Heres one i just finished working on, please give me some critique on it, i just did it for fun. tryin some different things on photoshop. how does it look?


----------



## GoldenCamper (Dec 21, 2009)

Nicely done, love that Husky photo. The others are a bit too tightly cropped, but just my opinion. If they are not cropped take a few steps back and crop later if need be.



Shutterwolf said:


> Heres one i just finished working on, please give me some critique on it, i just did it for fun. tryin some different things on photoshop. how does it look?


I think we need to see the before photo if you are asking for a critique on your PS skills :curtain:. If your camera angle was a bit higher and the lighting was better you may have had something.
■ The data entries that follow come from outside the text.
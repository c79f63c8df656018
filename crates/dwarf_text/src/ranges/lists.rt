// References to range lists.

/// The location of a range list.
#[derive(Clone, Copy, Debug, PartialEq, Eq)]
pub enum ListAt {
    /// An offset in `.debug_rnglists`.
    Offset(u64),
    /// An index into the offsets of the unit's part of `.debug_rnglists`.
    Index(u64),
    /// The offset in `.debug_ranges` of a list of address pairs (DWARF 4).
    Pairs(u64),
}
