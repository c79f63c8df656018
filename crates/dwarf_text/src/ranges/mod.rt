//! Range lists: the start of the first address range of a list.

mod constants;
mod entry;
mod first;
pub mod laws;
mod layout;
mod lists;

pub use first::{first_address, take_first};
pub use lists::ListAt;
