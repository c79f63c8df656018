//! Laws about range lists, as the contracts of functions with empty bodies.
ghost use Rattle.std.specs.Prelude.{ℕ, List, Option};
ghost use Rattle.abi_base.specs.Runs.{Chain};
ghost use Rattle.dwarf_text.specs.ranges.RangeLists.{State, list_step, list_run, pair_step, pair_run};

/// The entries of a list follow one another from its offset on, and the list ends after the last one.
pub fn entries_stand_one_after_another()
    ensures lists { (addr : List ℕ) (addr_base : Option ℕ) (entry : ℕ) (bytes : List ℕ) (s : State)
        → Chain (list_step addr addr_base entry bytes) s (list_run addr addr_base entry bytes s).items
        (list_run addr addr_base entry bytes s).end }
    ensures pairs { (entry : ℕ) (bytes : List ℕ) (s : State)
        → Chain (pair_step entry bytes) s (pair_run entry bytes s).items (pair_run entry bytes s).end }
{}
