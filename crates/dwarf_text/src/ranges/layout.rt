// The layout of range list entries, by kind.
ghost use Rattle.std.specs.Prelude.{◌≡◌};
ghost use Rattle.dwarf_text.specs.ranges.RangeLists.{layout_of};

use crate::ranges::constants::{
    DW_RLE_base_address, DW_RLE_base_addressx, DW_RLE_offset_pair, DW_RLE_start_end,
    DW_RLE_start_length, DW_RLE_startx_endx, DW_RLE_startx_length,
};

// A field after an entry's kind.
#[derive(Clone, Copy)]
pub(crate) enum Field {
    // an index into the unit's part of `.debug_addr`, as an unsigned LEB128
    Index,
    // eight bytes
    Address,
    // a number, as an unsigned LEB128
    Number,
    // no bytes
    Absent,
}

// The role of an entry's first field.
#[derive(Clone, Copy)]
pub(crate) enum Role {
    // the base of the entries after it
    Base,
    // the start of a range, relative to the base
    Offset,
    // the start of a range
    Start,
}

#[derive(Clone, Copy)]
pub(crate) struct Layout {
    pub(crate) role: Role,
    pub(crate) first: Field,
    pub(crate) second: Field,
}

// The layout of an entry with this kind. The end of a list has none.
#[tactic(auto, unfolding(crate::specs::ranges::RangeLists::layout_of, crate::specs::ranges::RangeLists::kinds))]
pub(crate) fn layout_by_kind(kind: u64) -> Option<Layout>
    ensures { result ≡ layout_of kind }
{
    let (role, first, second) = match kind {
        DW_RLE_base_addressx => (Role::Base, Field::Index, Field::Absent),
        DW_RLE_startx_endx => (Role::Start, Field::Index, Field::Index),
        DW_RLE_startx_length => (Role::Start, Field::Index, Field::Number),
        DW_RLE_offset_pair => (Role::Offset, Field::Number, Field::Number),
        DW_RLE_base_address => (Role::Base, Field::Address, Field::Absent),
        DW_RLE_start_end => (Role::Start, Field::Address, Field::Address),
        DW_RLE_start_length => (Role::Start, Field::Address, Field::Number),
        _ => return None,
    };
    Some(Layout {
        role,
        first,
        second,
    })
}
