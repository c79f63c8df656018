// The constants of range lists, under their standard names.

// Range list entry kinds (DWARF 5, section 7.25 "Non-Contiguous Address Ranges").

pub(crate) const DW_RLE_end_of_list: u64 = 0x00;

pub(crate) const DW_RLE_base_addressx: u64 = 0x01;

pub(crate) const DW_RLE_startx_endx: u64 = 0x02;

pub(crate) const DW_RLE_startx_length: u64 = 0x03;

pub(crate) const DW_RLE_offset_pair: u64 = 0x04;

pub(crate) const DW_RLE_base_address: u64 = 0x05;

pub(crate) const DW_RLE_start_end: u64 = 0x06;

pub(crate) const DW_RLE_start_length: u64 = 0x07;

// The largest address, which marks a base address selection entry (DWARF 4, section 2.17.3 "Non-Contiguous Address Ranges").
pub(crate) const BASE_SELECTION: u64 = 0xffff_ffff_ffff_ffff;
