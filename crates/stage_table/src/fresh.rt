ghost use Rattle.std.specs.Prelude.{◌≡◌, ℕ, [], length, slice_get, IfOk, Some};
ghost use Rattle.pipe_model.specs.declared.net.Strand.{Strand as StrandIs};
ghost use Rattle.pipe_model.specs.State.{nothing_yet, strand_at};
ghost use Rattle.stage_table.specs.declared.built_in.BuiltIn.{BuiltIn as BuiltInIs};
ghost use Rattle.stage_table.specs.BuiltIn.{BuiltInStands, HasFewPlaces};

use crate::built_in::BuiltIn;
use block_stages::{BlockStage, is_block};
use collate_stage::CollateStage;
use device_stages::{DeviceStage, is_device};
use edit_stages::{EditStage, is_edit};
use fan_stages::{FanStage, is_fan};
use gate_elastic::{GateStage, is_gate};
use lookup_stage::{LookupStage, is_lookup};
use pipe_model::{Net, NoMemory, Strand};
use select_stages::{SelectStage, is_select};
use specs_stage::{SpecsStage, is_specs};
use std::alloc::Global;
use unique_sort::{UniqueStage, is_order};

/// The stage of a strand, before its first event.
#[tactic(auto, using(crate::proofs::Families::last_family))]
pub fn make(alloc: Global, strand: &Strand) -> Result<BuiltIn, NoMemory>
    requires { HasFewPlaces strand.now }
    ensures { IfOk result (λ stage. BuiltInStands stage strand.now []) }
{
    if is_device(&strand.kind) {
        let stage = DeviceStage::new(alloc, strand)?;
        return Ok(BuiltIn::Device(Box::new(alloc, stage)?));
    }
    if is_select(&strand.kind) {
        let stage = SelectStage::new(alloc, strand)?;
        return Ok(BuiltIn::Select(Box::new(alloc, stage)?));
    }
    if is_edit(&strand.kind) {
        let stage = EditStage::new(alloc, strand)?;
        return Ok(BuiltIn::Edit(Box::new(alloc, stage)?));
    }
    if is_order(&strand.kind) {
        let stage = UniqueStage::new(alloc, strand)?;
        return Ok(BuiltIn::Order(Box::new(alloc, stage)?));
    }
    if is_block(&strand.kind) {
        let stage = BlockStage::new(alloc, strand)?;
        return Ok(BuiltIn::Block(Box::new(alloc, stage)?));
    }
    if is_specs(&strand.kind) {
        let stage = SpecsStage::new(alloc, strand)?;
        return Ok(BuiltIn::Specs(Box::new(alloc, stage)?));
    }
    if is_gate(&strand.kind) {
        let stage = GateStage::new(alloc, strand)?;
        return Ok(BuiltIn::Gate(Box::new(alloc, stage)?));
    }
    if is_fan(&strand.kind) {
        let stage = FanStage::new(alloc, strand)?;
        return Ok(BuiltIn::Fan(Box::new(alloc, stage)?));
    }
    if is_lookup(&strand.kind) {
        let stage = LookupStage::new(alloc, strand)?;
        return Ok(BuiltIn::Lookup(Box::new(alloc, stage)?));
    }
    let stage = CollateStage::new(alloc, strand)?;
    Ok(BuiltIn::Collate(Box::new(alloc, stage)?))
}

/// A stage for each strand of a net, in their order, each before its first event.
pub fn make_all(alloc: Global, net: &Net) -> Result<Vec<BuiltIn>, NoMemory>
    requires { (s : ℕ) (p : StrandIs) → strand_at net.now nothing_yet s ≡ Some p → HasFewPlaces p }
    ensures count { IfOk result (λ stages. length stages.items ≡ length net.now.strands) }
    ensures each { IfOk result (λ stages. (s : ℕ) (p : StrandIs) (stage : BuiltInIs) → slice_get net.now.strands s ≡ Some p → slice_get stages.items s ≡ Some stage → BuiltInStands stage p []) }
{
    let strands = net.strands.as_slice();
    let mut stages = Vec::new(alloc);
    for k in 0..strands.len() {
        stages.push(make(alloc, &strands[k])?)?;
    }
    Ok(stages)
}
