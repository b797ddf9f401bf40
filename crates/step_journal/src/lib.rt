//! The entries of the steps of a run, kept in order.
#![tactic(auto)]

mod journal;

pub use journal::StepJournal;
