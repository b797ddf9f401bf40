use block_stages::BlockStage;
use collate_stage::CollateStage;
use device_stages::DeviceStage;
use edit_stages::EditStage;
use fan_stages::FanStage;
use gate_elastic::GateStage;
use lookup_stage::LookupStage;
use pipe_model::{NoMemory, Seen, Want};
use select_stages::SelectStage;
use specs_stage::SpecsStage;
use stage_steps::{Reply, Sought, Stage};
use std::alloc::Global;
use unique_sort::UniqueStage;

/// A built-in stage, by its family. It is boxed, since a coroutine that goes out with a job is moved, and a box is moved
/// at the cost of a pointer.
#[derive(Drop)]
pub enum BuiltIn {
    Device(Box<DeviceStage>),
    Select(Box<SelectStage>),
    Edit(Box<EditStage>),
    Order(Box<UniqueStage>),
    Block(Box<BlockStage>),
    Specs(Box<SpecsStage>),
    Gate(Box<GateStage>),
    Fan(Box<FanStage>),
    Lookup(Box<LookupStage>),
    Collate(Box<CollateStage>),
}

impl Stage for BuiltIn {
    ghost use Rattle.std.specs.Prelude.{IfOk};
    ghost use Rattle.stage_steps.specs.Coroutine.{Resumes};
    ghost use Rattle.stage_table.specs.BuiltIn.{BuiltInStands, built_in_showing, built_in_ahead};

    ghost stands = { BuiltInStands };

    ghost showing = { built_in_showing };

    ghost ahead = { built_in_ahead };

    fn first(&self) -> Want {
        match self {
            BuiltIn::Device(stage) => stage.first(),
            BuiltIn::Select(stage) => stage.first(),
            BuiltIn::Edit(stage) => stage.first(),
            BuiltIn::Order(stage) => stage.first(),
            BuiltIn::Block(stage) => stage.first(),
            BuiltIn::Specs(stage) => stage.first(),
            BuiltIn::Gate(stage) => stage.first(),
            BuiltIn::Fan(stage) => stage.first(),
            BuiltIn::Lookup(stage) => stage.first(),
            BuiltIn::Collate(stage) => stage.first(),
        }
    }

    // It may be told any event; what isn't answered ends it. It is a call of its own, as `passes` and each family's `see` and `put` are:
    // they stand in the loop that runs the stages, and that loop has few registers.
    #[inline(never)]
    fn resume(&mut self, alloc: Global, seen: Seen, bytes: &[u8]) -> Result<Want, NoMemory>
        ensures { IfOk result (λ asked. Resumes BuiltInStands self.old self.new seen bytes.now asked) }
    {
        match self {
            BuiltIn::Device(stage) => (**stage).resume(alloc, seen, bytes),
            BuiltIn::Select(stage) => (**stage).resume(alloc, seen, bytes),
            BuiltIn::Edit(stage) => (**stage).resume(alloc, seen, bytes),
            BuiltIn::Order(stage) => (**stage).resume(alloc, seen, bytes),
            BuiltIn::Block(stage) => (**stage).resume(alloc, seen, bytes),
            BuiltIn::Specs(stage) => (**stage).resume(alloc, seen, bytes),
            BuiltIn::Gate(stage) => (**stage).resume(alloc, seen, bytes),
            BuiltIn::Fan(stage) => (**stage).resume(alloc, seen, bytes),
            BuiltIn::Lookup(stage) => (**stage).resume(alloc, seen, bytes),
            BuiltIn::Collate(stage) => (**stage).resume(alloc, seen, bytes),
        }
    }

    #[inline(always)]
    fn see(&mut self, alloc: Global, bytes: &[u8], asked: &mut Want) -> Result<Reply, NoMemory> {
        match self {
            BuiltIn::Device(stage) => (**stage).see(alloc, bytes, asked),
            BuiltIn::Select(stage) => (**stage).see(alloc, bytes, asked),
            BuiltIn::Edit(stage) => (**stage).see(alloc, bytes, asked),
            BuiltIn::Order(stage) => (**stage).see(alloc, bytes, asked),
            BuiltIn::Block(stage) => (**stage).see(alloc, bytes, asked),
            BuiltIn::Specs(stage) => (**stage).see(alloc, bytes, asked),
            BuiltIn::Gate(stage) => (**stage).see(alloc, bytes, asked),
            BuiltIn::Fan(stage) => (**stage).see(alloc, bytes, asked),
            BuiltIn::Lookup(stage) => (**stage).see(alloc, bytes, asked),
            BuiltIn::Collate(stage) => (**stage).see(alloc, bytes, asked),
        }
    }

    #[inline(always)]
    fn put(&mut self, alloc: Global, o: u16, asked: &mut Want) -> Result<(), NoMemory> {
        match self {
            BuiltIn::Device(stage) => (**stage).put(alloc, o, asked),
            BuiltIn::Select(stage) => (**stage).put(alloc, o, asked),
            BuiltIn::Edit(stage) => (**stage).put(alloc, o, asked),
            BuiltIn::Order(stage) => (**stage).put(alloc, o, asked),
            BuiltIn::Block(stage) => (**stage).put(alloc, o, asked),
            BuiltIn::Specs(stage) => (**stage).put(alloc, o, asked),
            BuiltIn::Gate(stage) => (**stage).put(alloc, o, asked),
            BuiltIn::Fan(stage) => (**stage).put(alloc, o, asked),
            BuiltIn::Lookup(stage) => (**stage).put(alloc, o, asked),
            BuiltIn::Collate(stage) => (**stage).put(alloc, o, asked),
        }
    }

    #[inline(always)]
    fn show(&mut self, o: u16) -> bool {
        match self {
            BuiltIn::Device(stage) => (**stage).show(o),
            _ => false,
        }
    }

    #[inline(always)]
    fn shown(&self) -> &[u8] {
        match self {
            BuiltIn::Device(stage) => (**stage).shown(),
            _ => &[],
        }
    }

    #[inline(always)]
    fn text_ahead(&self) -> &[u8] {
        match self {
            BuiltIn::Device(stage) => (**stage).text_ahead(),
            _ => &[],
        }
    }

    #[inline(always)]
    fn awaits(&self) -> Option<&Sought> {
        match self {
            BuiltIn::Select(stage) => (**stage).awaits(),
            _ => None,
        }
    }

    #[inline(never)]
    fn passes(&mut self) -> bool {
        match self {
            BuiltIn::Device(stage) => (**stage).passes(),
            BuiltIn::Select(stage) => (**stage).passes(),
            BuiltIn::Edit(stage) => (**stage).passes(),
            BuiltIn::Order(stage) => (**stage).passes(),
            BuiltIn::Specs(stage) => (**stage).passes(),
            _ => false,
        }
    }

    fn looks(&self) -> bool {
        match self {
            BuiltIn::Device(stage) => stage.looks(),
            BuiltIn::Select(stage) => stage.looks(),
            BuiltIn::Edit(stage) => stage.looks(),
            BuiltIn::Order(stage) => stage.looks(),
            BuiltIn::Block(stage) => stage.looks(),
            BuiltIn::Specs(stage) => stage.looks(),
            BuiltIn::Gate(stage) => stage.looks(),
            BuiltIn::Fan(stage) => stage.looks(),
            BuiltIn::Lookup(stage) => stage.looks(),
            BuiltIn::Collate(stage) => stage.looks(),
        }
    }

    fn kept(&self) -> &[u8] {
        match self {
            BuiltIn::Device(stage) => stage.kept(),
            BuiltIn::Select(stage) => stage.kept(),
            BuiltIn::Edit(stage) => stage.kept(),
            BuiltIn::Order(stage) => stage.kept(),
            BuiltIn::Block(stage) => stage.kept(),
            BuiltIn::Specs(stage) => stage.kept(),
            BuiltIn::Gate(stage) => stage.kept(),
            BuiltIn::Fan(stage) => stage.kept(),
            BuiltIn::Lookup(stage) => stage.kept(),
            BuiltIn::Collate(stage) => stage.kept(),
        }
    }
}
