//! The built-in stages: one value for the stages of all families, and the stage of each strand of a net.
#![tactic(auto)]

mod built_in;
mod fresh;

pub use built_in::BuiltIn;
pub use fresh::{make, make_all};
JMO.


----------



## HiTideGoldens (Dec 29, 2009)

Is Rolex the dog in the begging position? He is one of my favorite boys, just the sweetest dog. I think the top right photo is Chloe, the number one golden in the country right now. 

I'm not sure if you are hoping to become a show photographer as a hobby or if the show was just a good place to take pictures, but I'll give you some advice for the former. Just speaking from my own experience, since I take a lot of ringside pictures for friends, some very well trained dogs (like Chloe) are very easy to get good stacked pictures of, but of less trained dogs, stacked photos are a little harder. And a good movement shot of any dog takes a little more experience. You also want to be able to easily edit your photos down quickly after the fact, so getting an eye for what you're shooting at a show is important. Many show photographers in California post their photos on facebook after shows, so you would want to make sure you're only posting good photos of dogs, if that makes sense. I would rather not see photos of my dog than see an unflattering photo  

One thing I might suggest is to look at ads in the GRNews (assuming you are a GRCA member) and look at the stacked and movement shots of the dogs. Not that they are all perfect, but it might give you more of an idea of what to look for when you're shooting.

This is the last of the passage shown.